• [Exercise aim] Within the records, how many lines hold the word "inserted"? State that number alone.

:: Data supplied ::

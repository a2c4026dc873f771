// The elimination of a row: by columns where each of its integrals has one, and else by merges.
ghost use Rattle.std.specs.Prelude.{◌≡◌, ◌<◌, ◌++◌, length, IfOk, IfSome, OnOk, slice_get};
ghost use Rattle.ibp_algebra.specs.FormalSum.{AllKeys, IsCanonical};
ghost use Rattle.sector_lattice.specs.Sectors.{integral_cmp};
ghost use Rattle.ibp_algebra.specs.Combination.{combination};
ghost use Rattle.ibp_algebra.specs.Spans.{row_at};
ghost use Rattle.sparse_rows.specs.Rows.{SameRow};
ghost use Rattle.row_echelon.specs.KeptRows.{IsEchelon, reduced_rows, NoPivot};
ghost use Rattle.row_echelon.specs.Columns.{named, HasColumns};
ghost use Rattle.row_echelon.specs.Tables.{FitsTable, AnyTable, with_rest};

use crate::dense_row::DenseRow;
use crate::elimination::{Eliminated, eliminate, eliminate_leads};
use crate::kept::Kept;
use crate::table::{Table, eliminate_columns};
use ibp_base::{List, NoMemory};
use ibp_field::Residue;
use indexmap::IndexMap;
use sector_lattice::Integral;
use sparse_rows::Row;
use std::alloc::Global;

/// What is left of a row, and the table with it, where there still is one.
#[derive(Drop)]
pub struct Left {
    pub eliminated: Eliminated,
    pub table: Option<Table>,
}

/// Subtracts multiples of kept rows until the lead of what is left, where something is, is no lead of a kept
/// row. A row with an integral that has no column ends the table.
pub fn leads_left(
    alloc: Global,
    kept: &IndexMap<Integral, Kept>,
    table: Option<Table>,
    row: &Row,
) -> Result<Left, NoMemory>
    requires echelon { IsEchelon kept.now.entries }
    requires table { AnyTable table (reduced_rows kept.now.entries) }
    ensures sum { IfOk result (λ left. SameRow row.now (left.eliminated.rest ++ combination (row_at (reduced_rows kept.now.entries)) left.eliminated.steps.items)) }
    ensures places { IfOk result (λ left. AllKeys (λ place. place < length kept.now.entries) left.eliminated.steps.items) }
    ensures lead { IfOk result (λ left. IfSome (slice_get left.eliminated.rest 0) (λ term. NoPivot kept.now.entries term.0)) }
    ensures canonical { IfOk result (λ left. IsCanonical integral_cmp left.eliminated.rest) }
    ensures row { IfOk result (λ left. IsCanonical integral_cmp row.now) }
    ensures table { IfOk result (λ left. AnyTable left.table (with_rest (reduced_rows kept.now.entries) left.eliminated.rest)) }
{
    if let Some(table) = table {
        if let Some(terms) = table.columns.numbered(alloc, row)? {
            return leads_by_columns(alloc, kept, table, &terms);
        }
    }
    Ok(Left {
        eliminated: eliminate_leads(alloc, kept, row)?,
        table: None,
    })
}

// The same for the row of these terms, by the columns.
fn leads_by_columns(
    alloc: Global,
    kept: &IndexMap<Integral, Kept>,
    table: Table,
    terms: &[(u32, Residue)],
) -> Result<Left, NoMemory>
    requires echelon { IsEchelon kept.now.entries }
    requires fits { FitsTable table (reduced_rows kept.now.entries) }
    requires within { HasColumns table.columns terms.now }
    ensures sum { IfOk result (λ left. SameRow (named table.columns terms.now) (left.eliminated.rest ++ combination (row_at (reduced_rows kept.now.entries)) left.eliminated.steps.items)) }
    ensures places { IfOk result (λ left. AllKeys (λ place. place < length kept.now.entries) left.eliminated.steps.items) }
    ensures lead { IfOk result (λ left. IfSome (slice_get left.eliminated.rest 0) (λ term. NoPivot kept.now.entries term.0)) }
    ensures canonical { IfOk result (λ left. IsCanonical integral_cmp left.eliminated.rest) }
    ensures table { IfOk result (λ left. AnyTable left.table (with_rest (reduced_rows kept.now.entries) left.eliminated.rest)) }
{
    let Table {
        columns,
        mut rows,
        mut work,
    } = table;
    let _falls = columns.count();
    work.add_multiple(Residue::one(), terms);
    let left = eliminate_columns(alloc, kept, &columns, &rows, &mut work, false)?;
    let rest = columns.row_of(alloc, &left.terms)?;
    keep_terms(alloc, &mut rows, &left.terms)?;
    Ok(Left {
        eliminated: Eliminated {
            rest,
            steps: left.steps,
        },
        table: Some(Table {
            columns,
            rows,
            work,
        }),
    })
}

// Puts the terms at the end, where there are some, with no spare room.
fn keep_terms(
    alloc: Global,
    rows: &mut Vec<List<(u32, Residue)>>,
    terms: &[(u32, Residue)],
) -> Result<(), NoMemory>
    ensures { OnOk result (rows.new.items ≡ with_rest rows.old.items terms.now) }
{
    if !terms.is_empty() {
        rows.push(List::from_vec(terms.to_vec(alloc)?))?;
    }
    Ok(())
}

/// Subtracts multiples of kept rows until no integral of what is left is a lead of a kept row.
pub fn whole_left(
    alloc: Global,
    kept: &IndexMap<Integral, Kept>,
    table: &Option<Table>,
    row: &Row,
) -> Result<Eliminated, NoMemory>
    requires echelon { IsEchelon kept.now.entries }
    requires table { AnyTable table.now (reduced_rows kept.now.entries) }
    ensures sum { IfOk result (λ left. SameRow row.now (left.rest ++ combination (row_at (reduced_rows kept.now.entries)) left.steps.items)) }
    ensures places { IfOk result (λ left. AllKeys (λ place. place < length kept.now.entries) left.steps.items) }
    ensures reduced { IfOk result (λ left. AllKeys (NoPivot kept.now.entries) left.rest) }
    ensures canonical { IfOk result (λ left. IsCanonical integral_cmp left.rest) }
{
    if let Some(table) = table {
        if let Some(terms) = table.columns.numbered(alloc, row)? {
            return whole_by_columns(alloc, kept, table, &terms);
        }
    }
    eliminate(alloc, kept, row)
}

// The same for the row of these terms, by the columns.
fn whole_by_columns(
    alloc: Global,
    kept: &IndexMap<Integral, Kept>,
    table: &Table,
    terms: &[(u32, Residue)],
) -> Result<Eliminated, NoMemory>
    requires echelon { IsEchelon kept.now.entries }
    requires fits { FitsTable table.now (reduced_rows kept.now.entries) }
    requires within { HasColumns table.now.columns terms.now }
    ensures sum { IfOk result (λ left. SameRow (named table.now.columns terms.now) (left.rest ++ combination (row_at (reduced_rows kept.now.entries)) left.steps.items)) }
    ensures places { IfOk result (λ left. AllKeys (λ place. place < length kept.now.entries) left.steps.items) }
    ensures reduced { IfOk result (λ left. AllKeys (NoPivot kept.now.entries) left.rest) }
    ensures canonical { IfOk result (λ left. IsCanonical integral_cmp left.rest) }
{
    let mut work = DenseRow::zero(alloc, table.columns.count())?;
    work.add_multiple(Residue::one(), terms);
    let left = eliminate_columns(alloc, kept, &table.columns, &table.rows, &mut work, true)?;
    Ok(Eliminated {
        rest: table.columns.row_of(alloc, &left.terms)?,
        steps: left.steps,
    })
}
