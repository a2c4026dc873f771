//! Elimination of sparse rows, with the weights of each reduction over the rows that were kept.
#![tactic(auto)]

mod columns;
mod dense_row;
mod echelon;
mod elimination;
mod inserted;
mod kept;
pub mod laws;
mod referring;
mod substitution;
mod table;
mod ways;

pub use echelon::{Echelon, Reduced};
pub use inserted::Inserted;
pub use referring::references;
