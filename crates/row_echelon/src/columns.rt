// Integrals with numbers.
ghost use Rattle.std.specs.Prelude.{◌≡◌, ◌<◌, ◌≤◌, ◌^◌, length, IfOk, IfSome, Some, slice_get, map};
ghost use Rattle.ibp_algebra.specs.FormalSum.{IsCanonical};
ghost use Rattle.sector_lattice.specs.Sectors.{integral_cmp};
ghost use Rattle.row_echelon.specs.Echelons.{number_cmp};
ghost use Rattle.row_echelon.specs.Columns.{integral_at, named, Falls, HasColumns};

use ibp_base::NoMemory;
use ibp_field::Residue;
use indexmap::IndexMap;
use sector_lattice::Integral;
use sparse_rows::Row;
use std::alloc::Global;
use std::marker::Model;

/// The columns of an elimination: integrals with numbers from 0 on, the highest first. Contracts see their list.
#[derive(Drop)]
pub struct Columns {
    integrals: Row,
    numbers: IndexMap<Integral, u32>,
}

impl Model for Columns {
    ghost use Rattle.std.specs.Prelude.{◌≤◌, ◌^◌, ℤ, List, length, map};

    ghost Value = { List (List ℤ) };

    ghost use Rattle.row_echelon.specs.Columns.{Falls};

    ghost view = { λ s. map (λ term. term.0) s.integrals };

    ghost invariant = { λ s. Falls (map (λ term. term.0) s.integrals) × (length s.integrals ≤ 2 ^ 32) };
}

impl Columns {
    /// The integrals that occur in the rows. `None` where they are too many to have numbers.
    pub fn over(alloc: Global, rows: &[&Row]) -> Result<Option<Columns>, NoMemory> {
        let integrals = all_integrals(alloc, rows)?;
        if integrals.terms().len() >= u32::MAX as usize {
            return Ok(None);
        }
        let mut numbers = IndexMap::new(alloc);
        for (number, (integral, _)) in integrals.terms().iter().enumerate() {
            numbers.insert(*integral, number as u32)?;
        }
        Ok(Some(Columns { integrals, numbers }))
    }

    /// How many they are.
    pub fn count(&self) -> usize
        ensures count { result ≡ length self.now }
        ensures few { length self.now ≤ 2 ^ 32 }
        ensures falls { Falls self.now }
    {
        self.integrals.terms().len()
    }

    /// The integral with this number.
    pub fn integral(&self, number: usize) -> Integral
        requires { number < length self.now }
        ensures { result ≡ integral_at self.now number }
    {
        self.integrals.terms()[number].0
    }

    /// The number of an integral, where it has one. What the map says is looked up, so that nothing rests on it.
    pub fn number(&self, integral: &Integral) -> Option<u32>
        ensures within { IfSome result (λ number. number < length self.now) }
        ensures named { IfSome result (λ number. integral_at self.now number ≡ integral.now) }
    {
        let number = *self.numbers.get(integral)?;
        let (found, _) = self.integrals.terms().get(number as usize)?;
        if found == integral {
            Some(number)
        } else {
            None
        }
    }

    /// The row by the numbers of its integrals. `None` where one of them has no number.
    pub fn numbered(
        &self,
        alloc: Global,
        row: &Row,
    ) -> Result<Option<Vec<(u32, Residue)>>, NoMemory>
        ensures within { IfOk result (λ found. IfSome found (λ terms. HasColumns self.now terms.items)) }
        ensures named { IfOk result (λ found. IfSome found (λ terms. named self.now terms.items ≡ row.now)) }
        ensures row { IfOk result (λ found. IsCanonical integral_cmp row.now) }
    {
        let mut terms = Vec::new(alloc);
        for (integral, value) in row.terms() {
            match self.number(integral) {
                Some(number) => terms.push((number, *value))?,
                None => return Ok(None),
            }
        }
        Ok(Some(terms))
    }

    /// The row of terms with the lowest number first.
    pub fn row_of(&self, alloc: Global, terms: &[(u32, Residue)]) -> Result<Row, NoMemory>
        requires within { HasColumns self.now terms.now }
        requires ascending { IsCanonical number_cmp terms.now }
        ensures { IfOk result (λ row. row ≡ named self.now terms.now) }
    {
        let _falls = self.count();
        let mut named = Vec::new(alloc);
        for (number, value) in terms {
            named.push((self.integral(*number as usize), *value))?;
        }
        Ok(Row::from_sorted(named))
    }
}

// The sum of all integrals that occur in the rows.
fn all_integrals(alloc: Global, rows: &[&Row]) -> Result<Row, NoMemory> {
    let mut seen = IndexMap::new(alloc);
    for row in rows {
        add_integrals(&mut seen, row)?;
    }
    let mut terms = Vec::new(alloc);
    for integral in seen.keys() {
        terms.push((*integral, Residue::one()))?;
    }
    Ok(Row::from_terms(alloc, &terms)?)
}

fn add_integrals(seen: &mut IndexMap<Integral, ()>, row: &Row) -> Result<(), NoMemory> {
    for (integral, _) in row.terms() {
        seen.insert(*integral, ())?;
    }
    Ok(())
}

:::

• [Answer section] 2